Transforming molecular cores, substituents, and combinations into structurally diverse compounds using chemical language models.
Journal:
European journal of medicinal chemistry
Published Date:
Apr 10, 2025
Abstract
Transformer-based chemical language models (CLMs) were derived to generate structurally and topologically diverse embeddings of core structure fragments, substituents, or core/substituent combinations in chemically proper compounds, representing a design task that is difficult to address using conventional structure generation methods. To this end, CLM variants were challenged to learn different fragment-to-compound mappings in the absence of structural rules or any other fragment linking or synthetic information. The resulting alternative models were found to have high syntactic fidelity, but displayed notable differences in their ability to generate valid candidate compounds containing test fragments, with a clear preference for a model variant processing core/substituent combinations. However, the majority of valid candidate compounds generated with all models were distinct from training data and structurally novel.

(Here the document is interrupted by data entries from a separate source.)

//! Types that are registered while memory is wanting, and then again while it is not.

use crate::turns::{Ended, Room, Task, Turn, tried};
use juniper::words::{DeclaredField, DeclaredType, Reference};
use juniper::{DefaultScalarValue, MetaType, Registry, RegistryError};
use juniper_demo_server::CELL;
use std::alloc::Global;
use std::test::Fail;

/// A registry, in which `Cell` is declared.
type Types = Registry<DefaultScalarValue>;

/// A field of a type without arguments.
const FIELD: DeclaredField = DeclaredField("field", &[], Reference::NonNull("Cell"));

/// A type of many fields. Two of them may have one name here: a registry takes what is declared.
static WIDE: DeclaredType = DeclaredType::Object(
    "Wide",
    &[],
    &[
        FIELD, FIELD, FIELD, FIELD, FIELD, FIELD, FIELD, FIELD, FIELD, FIELD, FIELD, FIELD,
    ],
);

/// `Wide`, which is registered beside `Cell`. In each turn a spare registry is made first, and dropped behind the call: it takes the blocks
/// that the turn before has left at hand, of just the sizes that the call asks for.
#[derive(Drop)]
struct Registering;

impl Task for Registering {
    fn turn(&mut self, alloc: Global, room: Room) -> Turn {
        let mut spare: Types = Registry::empty(alloc);
        let mut registry: Types = Registry::empty(alloc);
        if !is_registered(&mut spare) || registry.register::<DeclaredType>(&CELL).is_err() {
            return Turn::Wrong;
        }
        let held_back = room.hold_back(alloc);
        let outcome = registry.register::<DeclaredType>(&WIDE);
        drop(held_back);
        drop(spare);
        match outcome {
            Ok(()) if is_declared(&registry, "Wide") => Turn::Answered,
            Err(RegistryError::Memory) if is_as_before(&registry) && is_registered(&mut registry) =>
                Turn::Refused,
            _ => Turn::Wrong,
        }
    }
}

/// Whether `Cell` is declared, and all else are placeholders.
fn is_as_before(registry: &Types) -> bool {
    for (name, meta) in registry.types() {
        let is_placeholder = matches!(meta, MetaType::Placeholder(_));
        if is_placeholder == (name.as_str() == "Cell") {
            return false;
        }
    }
    is_declared(registry, "Cell")
}

/// Whether `Wide` can be registered now.
fn is_registered(registry: &mut Types) -> bool {
    registry.register::<DeclaredType>(&WIDE).is_ok() && is_declared(registry, "Wide")
}

/// Whether an object type is declared at this name.
fn is_declared(registry: &Types, name: &str) -> bool {
    matches!(registry.types().get(name), Some(MetaType::Object(_)))
}

#[test]
fn a_type_is_registered_when_there_is_memory(rt: HostRuntime) -> Result<(), Fail> {
    assert_eq!(rt; tried(rt.alloc(), &mut Registering)?, Ended::Answered);
    Ok(())
}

In addition, the CLMs exhibited high chemical diversification capacity and often generated structures with new topologies not encountered during training. Furthermore, all models produced large numbers of close structural analogues of known bioactive compounds covering a large target space, thus indicating the relevance of newly generated candidates for pharmaceutical research. As a part of our study, the new methodology and all data are made publicly available.